Tom Boland wgcp@earthlink.net
Tue, 16 May 2000 21:16:59 -0700 (PDT)

FWD  Associated Press - AP Wire Service - May 15, 2000


COLORADO SPRINGS, Colo. (AP) _ Weeks of negotiations between
organizers and neighbors of a proposed homeless social-service
complex in Colorado Springs have broken down, setting up what may
be a tough fight as the $6 million project inches toward a City
Council vote.

A coalition of nonprofit groups, led by the El Pomar Foundation
and the American Red Cross, wants to build a center consolidating
services for the city's homeless on a vacant piece of land owned by
Colorado Springs Utilities.

The building on the 3.7-acre site south of the Drake Power Plant
downtown. would include a shelter, soup kitchen, medical clinic and
other social services run by several agencies.

Once splintered over the project, residents of the small
neighborhood east of the site are now solidly against it. At a
public meeting Saturday On Saturday, they told organizers to look
for a new location.

``Our neighborhood does not want this shelter and this
conglomerated thing,'' said Edenna Hackos, who lives nearby.
``We've tried to be polite and kind, but that's the bottom line.''

Organizers have filed development plans with the city and need
approval from the Planning Commission and City Council to move

A task force of residents has met almost weekly for the past
four months with city planners and project organizers to iron out
neighborhood concerns. The residents are worried about loitering,
crime, traffic and other problems they believe a large influx of
homeless people might bring.

This month, the seven-member group wrote a letter to the city
voicing strong opposition, saying, ``it appears this project has
been hurriedly put together with apparently little consideration
for the devastating impact'' it could have.

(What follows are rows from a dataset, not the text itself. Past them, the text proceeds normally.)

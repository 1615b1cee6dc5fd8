//! The reading of a solution with duals.

ghost use Rattle.std.specs.Prelude.{◌≡◌, ◌+◌, ◌<◌, ◌^◌, length, [], All, IfOk, IfSome};
ghost use Rattle.point_text.specs.Holding.{held, Holds};
ghost use Rattle.point_text.specs.PairReading.{TookColumns, AreColumnsRead, AreDualsRead, IsPairRead, IsPairReadBy};

use crate::faults::SolError;
use crate::pairs::PairOf;
use crate::reading::take_lines;
use crate::solution_lines::split_pair_line;
use crate::values::Values;
use exact_numbers::{Exact, Numbers};
use exact_texts::Textual;
use fractions::frac::Frac;
use lp_model::{Duals, Labels, Pair, Point};
use std::alloc::Global;
use text_lines::{Fault, first_line};

/// What follows the line of the duals.
#[derive(Drop)]
pub struct DualPart<'a> {
    pub text: &'a [u8],
    /// The number of the line of the duals, from 1.
    pub line: u64,
}

/// What the lines of columns give, and what follows them, if there is a line of the duals.
#[derive(Drop)]
pub struct ColumnPart<'a, T: Exact> {
    pub point: Numbers<T>,
    pub duals: Option<DualPart<'a>>,
}

/// Takes in the lines of a text up to the line of the duals, and says what follows this line.
fn take_column_lines<'a, T: Textual>(
    alloc: Global,
    values: &mut Values<T>,
    text: &'a [u8],
) -> Result<Option<DualPart<'a>>, SolError>
    requires len { length values.old.numbers.items ≡ length values.old.table }
    requires holds { Holds T.texts.reading [] (held T.number values.old) }
    ensures took { TookColumns T.texts.reading values.old.table text.now result (held T.number values.new) }
    ensures len { length values.new.numbers.items ≡ length values.new.table }
    ensures table { values.new.table ≡ values.old.table }
{
    let mut fields = Vec::new(alloc);
    let mut rest = text;
    let mut line_number: u64 = 0;
    while !rest.is_empty() {
        let (line, after) = first_line(rest);
        line_number += 1;
        let Some(said) = split_pair_line(&mut fields, line)? else {
            return Ok(Some(DualPart {
                text: after,
                line: line_number,
            }));
        };
        if let Err(kind) = values.take_line(alloc, said)? {
            return Err(SolError::Fault(Fault {
                kind,
                line: line_number,
            }));
        }
        rest = after;
    }
    Ok(None)
}

/// The point of the lines of columns, and what follows them.
fn read_columns<'a, T: Textual, L: Labels>(
    alloc: Global,
    text: &'a [u8],
    labels: &L,
) -> Result<ColumnPart<'a, T>, SolError>
    ensures read { AreColumnsRead T.texts.reading (L.column_names labels.now) text.now result }
    ensures kept { IfOk result (λ part. All T.room.number part.point) }
{
    let mut values = Values::new(alloc, labels)?;
    match take_column_lines(alloc, &mut values, text) {
        Ok(duals) => {
            let point = values.point(alloc, labels)?;
            Ok(ColumnPart { point, duals })
        }
        Err(error) => Err(error),
    }
}

/// The duals of a text that follows so many lines.
fn read_duals<T: Textual, L: Labels>(
    alloc: Global,
    text: &[u8],
    lines_before: u64,
    labels: &L,
) -> Result<Numbers<T>, SolError>
    requires { lines_before + length text.now < 2 ^ 64 }
    ensures read { AreDualsRead T.texts.reading (L.row_names labels.now) lines_before text.now result }
    ensures kept { IfOk result (λ duals. All T.room.number duals) }
{
    let mut values = Values::of_rows(alloc, labels)?;
    match take_lines(alloc, &mut values, text, lines_before) {
        Ok(()) => Ok(values.duals(alloc, labels)?),
        Err(error) => Err(error),
    }
}

/// The point that a text gives, and its duals if it has the line of the duals, `=duals=` alone, in exact numbers of a kind: the lines before it
/// give values to columns, those after it give duals to rows. A column or a row that no line names has 0.
///
/// A line is a name and a number with spaces or tabs between them. Blank lines count for nothing, and so does a line whose name is `=obj=`.
/// Numbers are read exactly, fractions among them, as the kind reads them.
///
/// # Errors
/// [`SolError::Fault`] exactly where a line has a fault: the first such line, and its fault with
/// the lowest number; a second line of the duals has not two fields.
/// [`SolError::NoMemory`] where memory is short.
pub fn read_pair_of<T: Textual, L: Labels>(
    alloc: Global,
    bytes: &[u8],
    labels: &L,
) -> Result<PairOf<T>, SolError>
    ensures read { IsPairReadBy T.texts.reading (L.column_names labels.now) (L.row_names labels.now) bytes.now result }
    ensures point_kept { IfOk result (λ pair. All T.room.number pair.point) }
    ensures duals_kept { IfOk result (λ pair. IfSome pair.duals (λ duals. All T.room.number duals)) }
{
    match read_columns(alloc, bytes, labels) {
        Ok(ColumnPart { point, duals }) => match duals {
            Some(part) => match read_duals(alloc, part.text, part.line, labels) {
                Ok(duals) => Ok(PairOf {
                    point,
                    duals: Some(duals),
                }),
                Err(error) => Err(error),
            },
            None => Ok(PairOf { point, duals: None }),
        },
        Err(error) => Err(error),
    }
}

/// The point that a text gives, and its duals if it has the line of the duals, in fractions, as [`read_pair_of`] reads them.
///
/// # Errors
/// [`SolError::Fault`] exactly where a line has a fault: the first such line, and its fault with
/// the lowest number; a second line of the duals has not two fields.
/// [`SolError::NoMemory`] where memory is short.
pub fn read_pair<L: Labels>(alloc: Global, bytes: &[u8], labels: &L) -> Result<Pair, SolError>
    ensures { IsPairRead (L.column_names labels.now) (L.row_names labels.now) bytes.now result }
{
    let read: Result<PairOf<Frac>, SolError> = read_pair_of(alloc, bytes, labels);
    match read {
        Ok(PairOf { point, duals }) => {
            let duals = match duals {
                Some(duals) => Some(Duals::new(duals.into_fractions())),
                None => None,
            };
            Ok(Pair {
                point: Point::new(point.into_fractions()),
                duals,
            })
        }
        Err(error) => Err(error),
    }
}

Rickie Stuart, a member of the task force, said residents who
once supported the project turned against it because organizers
``have added this and that'' to the planned center since it was
announced in December.

She said neighbors are most upset about the addition of an El
Paso County Health Department office that would offer testing for
HIV, AIDS and sexually transmitted diseases.

Stuart said the only acceptable solution is a new site away from
any neighborhood. Tony Koren of the El Pomar Foundation said
Saturday that no other sites are being considered.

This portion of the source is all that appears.